03/22/09: The Washington Post features a piece which states that there were 368 reported kidnappings for ransom in Phoenix last year -- perhaps more than anywhere else, other than Mexico City, where kidnapping is such a long-established industry that the wealthy sometimes buy kidnap insurance. Law-abiding citizens here are rarely at risk. Most of the kidnappings are drug smugglers and human traffickers preying on one another.
03/19/09: The Washington Post features an opinion piece which argues that the chaos in Mexico is the result of its government's decision to wage war against rampant drug cartels that are fighting mostly against each other but also against the portions of Mexican law enforcement they have not corrupted. Operating in that nation's north, they are serving this nation's appetite for illegal narcotics and illegal immigrants.
03/17/09: The Colorado Springs Gazette reports that the Mexican drug cartels, which have set up shop in hundreds of U.S. cities, pose a "real security concern," the nation's commander of homeland defense told a congressional committee Tuesday. Gen. Gene Renuart testified before the Senate Armed Services Committee with three other unified command chiefs who addressed issues ranging from piracy off the Somalian coast to Russian naval exercises.
03/13/09: Former DHS Assistant Secretary for Immigration and Customs Enforcement Julie Myers Wood argues in Security Debrief that the outdated memoranda of agreement between the Department of Homeland Security and Department of Justice which limit DHS authority to independently investigate cross-border drug activity should be revised to grant DHS officials more freedom to operate.
03/09/09: The Houston Chronicle reports on how wealthy Mexicans and their families are fleeing the drug-related violence now roiling Mexican towns bordering the United States.
03/08/09: CNN reports that President Obama and Joint Chiefs of Staff chairman Adm. Michael Mullen on Saturday discussed how the U.S. military can assist Mexico in addressing growing violence from drug cartels. The conversation, which Obama initiated within hours of Mullen's return to the United States from a visit to Mexico City, underscores the growing concern with which the United States views the situation.

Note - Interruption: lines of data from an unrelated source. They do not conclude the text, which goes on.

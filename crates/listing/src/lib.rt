// The lines of the program `runs`, as functions over bytes.
#![tactic(auto)]

mod line;

pub use line::{LINE_BYTES, Line, end_line, more_line, refused_line, run_line, stop_line};
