//! Functions and classes.

ghost use Rattle.std.specs.Prelude.{◌≡◌, ◌<◌, ◌≤◌, length, map, OnOk};
ghost use Rattle.cxx_tree.specs.ProgramTree.{
  function_tree,
  init_tree,
  ctor_tree,
  dtor_tree,
  item_tree,
  decl_tree,
};
ghost use Rattle.cxx_expr.specs.Full.{most_operators};
ghost use Rattle.cxx_expr.specs.Outcome.{Reads};
ghost use Rattle.cxx_stmt.specs.declared.dialect.Dialect.{Dialect};
ghost use Rattle.cxx_stmt.specs.Parts as parts;
ghost use Rattle.cxx_parse.specs.Classes as grammar;

use agxx_base::{Keyword, Place, Sign};
use cxx_expr::{Parser, Stop, Word};
use cxx_stmt::{Dialect, arguments, no_parts, params, pointer_to, sees_name, word_type};
use cxx_tree::{
    Access, Class, ClassName, ClassWord, Ctor, Decl, Dtor, Function, Init, Item, Member, Name,
    Param, Placed, TypeName,
};
use sqlite_items::Items;

/// The access that a keyword is.
fn access_word(keyword: Keyword) -> Option<Access>
    ensures { result ≡ grammar.access_word keyword }
{
    match keyword {
        Keyword::Public => Some(Access::Public),
        Keyword::Protected => Some(Access::Protected),
        Keyword::Private => Some(Access::Private),
        _ => None,
    }
}

/// `mutex` and a name, behind `std ::`.
#[tactic(auto, unfolding(crate::specs::Classes::mutex_name))]
pub(crate) fn mutex_name(dialect: &Dialect, words: &mut Parser<'_>) -> Result<Name, Stop>
    ensures reads { Reads (λ n. n) (grammar.mutex_name dialect.now words.old) result words.new }
    ensures left { length words.new ≤ length words.old }
    ensures eats { OnOk result (length words.new < length words.old) }
{
    if !sees_name(words, dialect.mutex) {
        return Err(Stop::Syntax);
    }
    words.advance();
    words.name()
}

/// A member that is a mutex, behind `std`, which stands at this place.
#[tactic(auto, unfolding(crate::specs::Classes::mutex_member))]
fn mutex_member(dialect: &Dialect, words: &mut Parser<'_>, at: Place) -> Result<Item, Stop>
    ensures reads { Reads item_tree (grammar.mutex_member dialect.now at words.old)
        result words.new }
    ensures left { length words.new ≤ length words.old }
    ensures eats { OnOk result (length words.new < length words.old) }
{
    let name = mutex_name(dialect, words)?;
    words.expect(Sign::Semicolon)?;
    Ok(Item::Member(Member {
        type_name: Placed {
            at,
            item: TypeName::Mutex,
        },
        name,
    }))
}

/// `public` and the base's name, behind `:`.
#[tactic(auto, unfolding(crate::specs::Classes::public_base))]
fn public_base(words: &mut Parser<'_>) -> Result<Name, Stop>
    ensures reads { Reads (λ n. n) (grammar.public_base words.old) result words.new }
    ensures left { length words.new ≤ length words.old }
{
    let Some(next) = words.peek() else {
        return Err(Stop::Syntax);
    };
    let Word::Keyword(Keyword::Public) = next.item else {
        return Err(Stop::Syntax);
    };
    words.advance();
    words.name()
}

/// A class's base, if it has one.
#[tactic(auto, unfolding(crate::specs::Classes::base))]
fn base(words: &mut Parser<'_>) -> Result<Option<Name>, Stop>
    ensures reads { Reads (λ n. n) (grammar.base words.old) result words.new }
    ensures left { length words.new ≤ length words.old }
{
    if !words.sees(Sign::Colon) {
        return Ok(None);
    }
    words.advance();
    let name = public_base(words)?;
    Ok(Some(name))
}

/// Behind a function's name and its parameters.
#[tactic(auto, unfolding(crate::specs::Classes::body_of))]
pub(crate) fn body_of(
    dialect: &Dialect,
    words: &mut Parser<'_>,
    depth: usize,
    result_type: Placed<TypeName>,
    name: Name,
    params: Items<Param>,
) -> Result<Function, Stop>
    ensures reads { Reads function_tree
        (grammar.body_of most_operators dialect.now depth result_type name params words.old)
        result words.new }
    ensures left { length words.new ≤ length words.old }
    ensures eats { OnOk result (length words.new < length words.old) }
{
    let body = dialect.block(words, depth)?;
    Ok(Function {
        result: result_type,
        name,
        params,
        body,
    })
}

/// Behind a function's name.
#[tactic(auto, unfolding(crate::specs::Classes::function_of))]
fn function_of(
    dialect: &Dialect,
    words: &mut Parser<'_>,
    depth: usize,
    result_type: Placed<TypeName>,
    name: Name,
) -> Result<Function, Stop>
    ensures reads { Reads function_tree
        (grammar.function_of most_operators dialect.now depth result_type name words.old)
        result words.new }
    ensures left { length words.new ≤ length words.old }
    ensures eats { OnOk result (length words.new < length words.old) }
{
    let params = params(words, depth)?;
    body_of(dialect, words, depth, result_type, name, params)
}

/// An initialiser of a constructor.
#[tactic(auto, unfolding(crate::specs::Classes::init))]
fn init(words: &mut Parser<'_>, depth: usize) -> Result<Init, Stop>
    ensures reads { (d : Dialect) → Reads init_tree (grammar.init most_operators d depth words.old)
        result words.new }
    ensures left { length words.new ≤ length words.old }
    ensures eats { OnOk result (length words.new < length words.old) }
{
    let name = words.name()?;
    let arguments = arguments(words, depth)?;
    Ok(Init { name, arguments })
}

/// One initialiser or more, with commas between.
fn some_inits(words: &mut Parser<'_>, depth: usize) -> Result<Items<Init>, Stop>
    ensures reads { (d : Dialect) → Reads (map init_tree)
        (parts.some (grammar.init most_operators d depth) words.old)
        result words.new }
    ensures left { length words.new ≤ length words.old }
{
    let mut found = Items::new(words.alloc());
    'items: loop {
        let item = init(words, depth)?;
        found.push(item)?;
        if !words.sees(Sign::Comma) {
            break;
        }
        words.advance();
    }
    Ok(found)
}

/// The initialisers of a constructor, if it has some.
#[tactic(auto, unfolding(crate::specs::Classes::inits))]
fn inits(words: &mut Parser<'_>, depth: usize) -> Result<Items<Init>, Stop>
    ensures reads { (d : Dialect) → Reads (map init_tree)
        (grammar.inits most_operators d depth words.old)
        result words.new }
    ensures left { length words.new ≤ length words.old }
{
    if !words.sees(Sign::Colon) {
        return Ok(Items::new(words.alloc()));
    }
    words.advance();
    some_inits(words, depth)
}

/// Behind a constructor's name and its parameters.
#[tactic(auto, unfolding(crate::specs::Classes::ctor_body))]
fn ctor_body(
    dialect: &Dialect,
    words: &mut Parser<'_>,
    depth: usize,
    name: Name,
    params: Items<Param>,
) -> Result<Ctor, Stop>
    ensures reads { Reads ctor_tree
        (grammar.ctor_body most_operators dialect.now depth name params words.old)
        result words.new }
    ensures left { length words.new ≤ length words.old }
    ensures eats { OnOk result (length words.new < length words.old) }
{
    let inits = inits(words, depth)?;
    let body = dialect.block(words, depth)?;
    Ok(Ctor {
        name,
        params,
        inits,
        body,
    })
}

/// Behind a constructor's name.
#[tactic(auto, unfolding(crate::specs::Classes::ctor))]
fn ctor(dialect: &Dialect, words: &mut Parser<'_>, depth: usize, name: Name) -> Result<Ctor, Stop>
    ensures reads { Reads ctor_tree (grammar.ctor most_operators dialect.now depth name words.old)
        result words.new }
    ensures left { length words.new ≤ length words.old }
    ensures eats { OnOk result (length words.new < length words.old) }
{
    let params = params(words, depth)?;
    ctor_body(dialect, words, depth, name, params)
}

/// Behind `~`, which stands at this place.
#[tactic(auto, unfolding(crate::specs::Classes::dtor))]
fn dtor(dialect: &Dialect, words: &mut Parser<'_>, depth: usize, at: Place) -> Result<Dtor, Stop>
    ensures reads { Reads dtor_tree (grammar.dtor most_operators dialect.now depth at words.old)
        result words.new }
    ensures left { length words.new ≤ length words.old }
    ensures eats { OnOk result (length words.new < length words.old) }
{
    let name = words.name()?;
    no_parts(words, depth)?;
    let body = dialect.block(words, depth)?;
    Ok(Dtor { at, name, body })
}

/// Behind the type and the name of a member or a member function.
#[tactic(auto, unfolding(crate::specs::Classes::typed_item))]
fn typed_item(
    dialect: &Dialect,
    words: &mut Parser<'_>,
    depth: usize,
    type_name: Placed<TypeName>,
    name: Name,
) -> Result<Item, Stop>
    ensures reads { Reads item_tree
        (grammar.typed_item most_operators dialect.now depth type_name name words.old)
        result words.new }
    ensures left { length words.new ≤ length words.old }
    ensures eats { OnOk result (length words.new < length words.old) }
{
    if words.sees(Sign::Semicolon) {
        words.advance();
        return Ok(Item::Member(Member { type_name, name }));
    }
    let function = function_of(dialect, words, depth, type_name, name)?;
    Ok(Item::Function(function))
}

/// Behind the type of a member or a member function.
#[tactic(auto, unfolding(crate::specs::Classes::item_of_type))]
fn item_of_type(
    dialect: &Dialect,
    words: &mut Parser<'_>,
    depth: usize,
    type_name: Placed<TypeName>,
) -> Result<Item, Stop>
    ensures reads { Reads item_tree
        (grammar.item_of_type most_operators dialect.now depth type_name words.old)
        result words.new }
    ensures left { length words.new ≤ length words.old }
    ensures eats { OnOk result (length words.new < length words.old) }
{
    let name = words.name()?;
    typed_item(dialect, words, depth, type_name, name)
}

/// Behind a name: of a constructor, or of a class in a type; or `std`.
#[tactic(auto, unfolding(crate::specs::Classes::name_item))]
fn name_item(
    dialect: &Dialect,
    words: &mut Parser<'_>,
    depth: usize,
    name: Name,
) -> Result<Item, Stop>
    ensures reads { Reads item_tree
        (grammar.name_item most_operators dialect.now depth name words.old)
        result words.new }
    ensures left { length words.new ≤ length words.old }
    ensures eats { OnOk result (length words.new < length words.old) }
{
    if words.sees(Sign::OpenParen) {
        let ctor = ctor(dialect, words, depth, name)?;
        return Ok(Item::Ctor(ctor));
    }
    if words.sees(Sign::Star) {
        words.advance();
        return item_of_type(dialect, words, depth, pointer_to(name));
    }
    if dialect.is_woven() && name.item.0 == dialect.std.0 && words.sees(Sign::ColonColon) {
        words.advance();
        return mutex_member(dialect, words, name.at);
    }
    Err(Stop::Syntax)
}

/// An access label, or an item that begins with a type: this keyword comes next.
fn label_or_type(
    dialect: &Dialect,
    words: &mut Parser<'_>,
    depth: usize,
    at: Place,
    access: Option<Access>,
    type_name: Option<TypeName>,
) -> Result<Item, Stop>
    ensures reads { Reads item_tree
        (grammar.label_or_type most_operators dialect.now depth at access type_name words.old)
        result words.new }
    ensures left { length words.new ≤ length words.old }
    ensures eats { OnOk result (length words.new < length words.old) }
{
    if let Some(access) = access {
        words.advance();
        words.expect(Sign::Colon)?;
        return Ok(Item::Label(at, access));
    }
    let Some(item) = type_name else {
        return Err(Stop::Syntax);
    };
    words.advance();
    item_of_type(dialect, words, depth, Placed { at, item })
}

/// What stands in the braces of a class.
#[tactic(auto, unfolding(crate::specs::Classes::item))]
fn item(dialect: &Dialect, words: &mut Parser<'_>, depth: usize) -> Result<Item, Stop>
    ensures reads { Reads item_tree (grammar.item most_operators dialect.now depth words.old)
        result words.new }
    ensures left { length words.new ≤ length words.old }
    ensures eats { OnOk result (length words.new < length words.old) }
{
    let Some(next) = words.peek() else {
        return Err(Stop::Syntax);
    };
    match next.item {
        Word::Keyword(keyword) => label_or_type(
            dialect,
            words,
            depth,
            next.at,
            access_word(keyword),
            word_type(keyword),
        ),
        Word::Name(item) => {
            words.advance();
            name_item(dialect, words, depth, Placed { at: next.at, item })
        }
        Word::Sign(Sign::Tilde) => {
            words.advance();
            let dtor = dtor(dialect, words, depth, next.at)?;
            Ok(Item::Dtor(dtor))
        }
        _ => Err(Stop::Syntax),
    }
}

/// Items up to a closing brace, which is passed.
fn braced_items(
    dialect: &Dialect,
    words: &mut Parser<'_>,
    depth: usize,
) -> Result<Items<Item>, Stop>
    ensures reads { Reads (map item_tree)
        (parts.braced (grammar.item most_operators dialect.now depth) words.old)
        result words.new }
    ensures left { length words.new ≤ length words.old }
{
    let mut found = Items::new(words.alloc());
    'items: while !words.sees(Sign::CloseBrace) {
        let item = item(dialect, words, depth)?;
        found.push(item)?;
    }
    words.advance();
    Ok(found)
}

/// The items of a class in braces.
#[tactic(auto, unfolding(crate::specs::Classes::items))]
fn items(dialect: &Dialect, words: &mut Parser<'_>, depth: usize) -> Result<Items<Item>, Stop>
    ensures reads { Reads (map item_tree) (grammar.items most_operators dialect.now depth words.old)
        result words.new }
    ensures left { length words.new ≤ length words.old }
    ensures eats { OnOk result (length words.new < length words.old) }
{
    if !words.sees(Sign::OpenBrace) {
        return Err(Stop::Syntax);
    }
    if depth == 0 {
        return Err(Stop::Deep);
    }
    words.advance();
    braced_items(dialect, words, depth - 1)
}

/// Behind `class` or `struct`, which stands at this place, and a name.
#[tactic(auto, unfolding(crate::specs::Classes::class_of, crate::specs::Classes::class_items))]
fn class_of(
    dialect: &Dialect,
    words: &mut Parser<'_>,
    depth: usize,
    at: Place,
    word: ClassWord,
    name: Name,
) -> Result<Decl, Stop>
    ensures reads { Reads decl_tree
        (grammar.class_of most_operators dialect.now depth at word name words.old)
        result words.new }
    ensures left { length words.new ≤ length words.old }
    ensures eats { OnOk result (length words.new < length words.old) }
{
    if words.sees(Sign::Semicolon) {
        words.advance();
        return Ok(Decl::ClassName(ClassName { at, word, name }));
    }
    let base = base(words)?;
    let items = items(dialect, words, depth)?;
    words.expect(Sign::Semicolon)?;
    Ok(Decl::Class(Class {
        at,
        word,
        name,
        base,
        items,
    }))
}

/// Behind `class` or `struct`, which stands at this place.
#[tactic(auto, unfolding(crate::specs::Classes::class))]
pub(crate) fn class(
    dialect: &Dialect,
    words: &mut Parser<'_>,
    depth: usize,
    at: Place,
    word: ClassWord,
) -> Result<Decl, Stop>
    ensures reads { Reads decl_tree
        (grammar.class most_operators dialect.now depth at word words.old)
        result words.new }
    ensures left { length words.new ≤ length words.old }
    ensures eats { OnOk result (length words.new < length words.old) }
{
    let name = words.name()?;
    class_of(dialect, words, depth, at, word, name)
}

03/05/09: The Miami Herald reports that the drug violence in Mexico has gotten so bad that booming numbers of Mexican and American professionals are having their cars fitted with armor plates, bulletproof glass and James Bond-style gadgets such as electrified door handles and push-button smokescreens.
02/27/09: The Times of London reports that a wave of 755 arrests in the US of Sinaloa drug cartel members, a cartel based in the Mexican state of the same name, has weakened the cartel. Meanwhile, Mexican authorities announced their intention to send 5,000 ground troops into the lawless town of Ciudad Juarez which sits in Mexico directly across the US border from El Paso, Texas. US Attorney General Eric Holder called Sinaloa and other Mexican drug gangs "a national security threat" and said the gangs will be "destroyed."
01/31/09: Homeland Security Blogwatch reports that Department of Homeland Security Secretary Janet Napolitano intends to lead a crack down on the flow of firearms illicitly smuggled to Mexican drug gangs operating in Mexico along the Texas border.
01/08/09: The New York Times reports that DHS Secretary Michael Chertoff is developing plans for a "surge" of civilian and perhaps even military law enforcement should the bloodshed from the Mexican drug wars spread across the US - Mexico border. Chertoff said, "We completed a contingency plan for border violence, so if we did get a significant spillover, we have a surge."